What If Dormant Microbes Trigger The Onset Of Alzheimer's?

It is more than 150 years since scientists proved that invisible germs could cause contagious illnesses such as cholera, typhoid, and tuberculosis. The role of microbes in these diseases was soon widely accepted, but "Germ Theory" has continued to surprise ever since – with huge implications for many apparently unrelated areas of medicine.

It was only in the 1980s, after all, that two Australian scientists found that Helicobacter Pylori triggers stomach ulcers. Before that, doctors had blamed the condition on stress, cigarettes and booze. Contemporary scientists considered the idea to be "preposterous", yet it eventually earned the Nobel Prize for Physiology or Medicine in 2005.

The discovery that the human papillomavirus can cause cervical cancer proved to be similarly controversial, but vaccines against the infection are now saving thousands of lives. Scientists today estimate that around 12% of all human cancers are caused by viruses.

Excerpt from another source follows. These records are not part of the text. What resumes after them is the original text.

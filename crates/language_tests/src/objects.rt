//! Objects, cells and extents of models, and the limits on them. `fault MODEL` asks what a model is
//! refused for; `nested N` and `doubled N` the same of classes that contain one another; the others
//! ask about the model that is given: `objects` and `cells` how many there are, `object N` for the
//! class, the number of attributes and the path, `inside A B` whether an object is inside another
//! one, `shape OWNER K` and `element OWNER K N` for an attribute and an element of it, where the
//! owner is an object or `top`, `extent CLASS` for its objects, and `cell N`.
ghost use Rattle.std.specs.Prelude.{◌≡◌};

use crate::paths::path_of;
use crate::trees::numbers_text;
use class_table::{ClassTable, Resolved};
use object_alloc::{Objects, allocate};
use std::alloc::{AllocError, Global};
use test_case_files::{Case, Subject, number_at, words_of};
use test_models::table_of;

/// What is asked of objects.
#[derive(Drop)]
pub(crate) struct ObjectsOfTexts;

/// What a model's text is refused for.
fn fault_of(alloc: Global, text: &[u8]) -> Result<String, AllocError> {
    let Some(table) = table_of(alloc, text) else {
        return String::from_str(alloc, "no table");
    };
    match allocate(alloc, &table) {
        Ok(_) => String::from_str(alloc, "none"),
        Err(fault) => format!(in alloc; "{fault:?}"),
    }
}

/// Classes K1 to Kn, each but the last with an attribute of the next one, or with two of them, and
/// an object of K1: n objects, or more than 2^(n-1).
fn contained(alloc: Global, n: u32, twice: bool) -> Result<String, AllocError> {
    let mut text = String::new(alloc);
    for k in 1..n {
        let next = k + 1;
        let class = if twice {
            format!(in alloc; "class K{k} {{ var a as K{next}; var b as K{next}; }} ")?
        } else {
            format!(in alloc; "class K{k} {{ var k as K{next}; }} ")?
        };
        text.push_str(&class)?;
    }
    text.push_str(&format!(in alloc; "class K{n} {{ }} var k as K1;")?)?;
    Ok(text)
}

/// Whether an object is inside another.
fn inside(
    alloc: Global,
    objects: &Objects<'_>,
    object: u32,
    whole: u32,
) -> Result<String, AllocError> {
    if object >= objects.count() {
        return String::from_str(alloc, "none");
    }
    let inside = objects.inside(object, whole);
    format!(in alloc; "{inside}")
}

/// The class of an object, how many attributes it has, and its path.
fn object(alloc: Global, objects: &Objects<'_>, object: u32) -> Result<String, AllocError> {
    let Some(path) = path_of(alloc, objects, object)? else {
        return String::from_str(alloc, "none");
    };
    let path = String::from_utf8_lossy(alloc, &path)?;
    let (class, count) = class_and_count(objects, object);
    format!(in alloc; "{class} {count} {path}")
}

/// The class of an object, and how many attributes it has; 0 of what is none.
fn class_and_count(objects: &Objects<'_>, object: u32) -> (u32, u32) {
    if object >= objects.count() {
        return (0, 0);
    }
    (objects.class(object), objects.shape_count(Some(object)))
}

/// The shape of an object's attribute, or of a top-level variable.
fn shape(objects: &Objects<'_>, owner: Option<u32>, k: u32) -> Option<Resolved> {
    if let Some(object) = owner {
        if object >= objects.count() {
            return None;
        }
    }
    if k >= objects.shape_count(owner) {
        return None;
    }
    Some(objects.shape(owner, k))
}

/// The object that is an element of an array; None where there is no such array or element.
fn element(objects: &Objects<'_>, owner: Option<u32>, k: u32, number: u32) -> Option<u32> {
    if let Some(object) = owner {
        if object >= objects.count() {
            return None;
        }
    }
    if k >= objects.shape_count(owner) {
        return None;
    }
    let Resolved::Many(_, count) = objects.shape(owner, k) else {
        return None;
    };
    if number >= count {
        return None;
    }
    Some(objects.part(owner, k, number))
}

/// The objects of a class.
fn extent(
    alloc: Global,
    table: &ClassTable,
    objects: &Objects<'_>,
    class: u32,
) -> Result<String, AllocError>
    requires { objects.now ≡ table.now }
{
    if class >= table.class_count() {
        return String::from_str(alloc, "no class");
    }
    numbers_text(alloc, objects.extent(alloc, class)?.items())
}

/// A cell: its owner, its attribute, its element and its domain.
fn cell(alloc: Global, objects: &Objects<'_>, number: u32) -> Result<String, AllocError> {
    match objects.cells().get(number as usize) {
        Some(cell) => {
            let (owner, attribute) = (cell.owner, cell.attribute);
            let (element, domain) = (cell.element, cell.domain);
            format!(in alloc; "{owner:?} {attribute} {element:?} {domain:?}")
        }
        None => String::from_str(alloc, "none"),
    }
}

/// The object of the first word; None where it is `top`.
fn owner_of(words: &[&str]) -> Option<u32> {
    match words.first() {
        Some(word) if *word == "top" => None,
        _ => Some(number_at(words, 0)),
    }
}

/// What is asked of objects and cells, by the first two words.
fn told(
    alloc: Global,
    objects: &Objects<'_>,
    ask: &str,
    first: u32,
    second: u32,
) -> Result<String, AllocError> {
    match ask {
        "objects" => {
            let count = objects.count();
            format!(in alloc; "{count}")
        }
        "cells" => {
            let count = objects.cells().len();
            format!(in alloc; "{count}")
        }
        "object" => object(alloc, objects, first),
        "inside" => inside(alloc, objects, first, second),
        _ => cell(alloc, objects, first),
    }
}

/// What is asked of the parts of objects, or else of objects and cells.
fn told_of_parts(
    alloc: Global,
    objects: &Objects<'_>,
    ask: &str,
    words: &[&str],
) -> Result<String, AllocError> {
    let second = number_at(words, 1);
    match ask {
        "shape" => {
            let shape = shape(objects, owner_of(words), second);
            format!(in alloc; "{shape:?}")
        }
        "element" => {
            let part = element(objects, owner_of(words), second, number_at(words, 2));
            format!(in alloc; "{part:?}")
        }
        _ => told(alloc, objects, ask, number_at(words, 0), second),
    }
}

/// What is asked of the objects of the model that is given.
fn told_of_given(
    alloc: Global,
    given: &[u8],
    ask: &str,
    words: &[&str],
) -> Result<String, AllocError> {
    let Some(table) = table_of(alloc, given) else {
        return String::from_str(alloc, "no table");
    };
    let Ok(objects) = allocate(alloc, &table) else {
        return String::from_str(alloc, "no objects");
    };
    match ask {
        "extent" => extent(alloc, &table, &objects, number_at(words, 0)),
        _ => told_of_parts(alloc, &objects, ask, words),
    }
}

impl Subject for ObjectsOfTexts {
    fn answer(&mut self, alloc: Global, case: &Case<'_>) -> Result<String, AllocError> {
        let words = words_of(alloc, &case.text)?;
        match case.ask {
            "fault" => fault_of(alloc, &case.text),
            "nested" | "doubled" => {
                let twice = case.ask == "doubled";
                let text = contained(alloc, number_at(&words, 0), twice)?;
                fault_of(alloc, text.as_bytes())
            }
            _ => told_of_given(alloc, &case.given, case.ask, &words),
        }
    }
}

We may be witnessing a similar revolution in our understanding of Alzheimer's disease. Lifestyle and genetic factors certainly play a role in the development of the illness. But it looks increasingly possible that some common viruses and bacteria – the kinds that give us cold sores and gum disease – may, over the long term, trigger the death of neural tissue and a steady cognitive decline. If so, infections may be one of the leading causes of the dementia.

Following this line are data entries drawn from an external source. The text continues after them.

//! Paths, from objects and back to them. `back COUNT` asks how many of the first objects the path
//! of leads back to them, and `path PATH` for the object of a path and its own path.
use object_alloc::{Objects, allocate};
use std::alloc::{AllocError, Global};
use test_case_files::{Case, Subject, number_at, words_of};
use test_models::table_of;

/// What is asked of paths.
#[derive(Drop)]
pub(crate) struct Paths;

/// The path of an object; None where there is no such object.
pub(crate) fn path_of(
    alloc: Global,
    objects: &Objects<'_>,
    object: u32,
) -> Result<Option<Vec<u8>>, AllocError> {
    if object >= objects.count() {
        return Ok(None);
    }
    let path = objects.path_of(alloc, object)?;
    Ok(Some(path.as_bytes().to_vec(alloc)?))
}

/// Whether the path of an object leads back to it.
fn comes_back(alloc: Global, objects: &Objects<'_>, object: u32) -> Result<bool, AllocError> {
    Ok(match path_of(alloc, objects, object)? {
        Some(path) => objects.object_at(&path) == Some(object),
        None => false,
    })
}

/// How many objects there are, and of how many of the first ones the path leads back to them.
fn back(alloc: Global, objects: &Objects<'_>, count: u32) -> Result<String, AllocError> {
    let mut right = 0_u64;
    for object in 0..count {
        if comes_back(alloc, objects, object)? {
            right = right.saturating_add(1);
        }
    }
    let all = objects.count();
    format!(in alloc; "{right} of {all}")
}

/// The object of a path, and its path.
fn found(alloc: Global, objects: &Objects<'_>, path: &[u8]) -> Result<String, AllocError> {
    let Some(object) = objects.object_at(path) else {
        return String::from_str(alloc, "none");
    };
    match path_of(alloc, objects, object)? {
        Some(path) => {
            let path = String::from_utf8_lossy(alloc, &path)?;
            format!(in alloc; "{object} {path}")
        }
        None => String::from_str(alloc, "no object"),
    }
}

impl Subject for Paths {
    fn answer(&mut self, alloc: Global, case: &Case<'_>) -> Result<String, AllocError> {
        let Some(table) = table_of(alloc, &case.given) else {
            return String::from_str(alloc, "no table");
        };
        let Ok(objects) = allocate(alloc, &table) else {
            return String::from_str(alloc, "no objects");
        };
        match case.ask {
            "path" => found(alloc, &objects, &case.text),
            _ => back(alloc, &objects, number_at(&words_of(alloc, &case.text)?, 0)),
        }
    }
}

Like the germ theories of ulcers and cancers, this hypothesis was once considered a kind of heresy – yet a string of compelling findings has sparked renewed interest in microbes' contributions to dementia. "There's a huge amount of work being done now, compared to even five years ago," says Ruth Itzhaki, an emeritus professor at the University of Manchester in the UK, who has spent three decades investigating the role of infection in Alzheimer's.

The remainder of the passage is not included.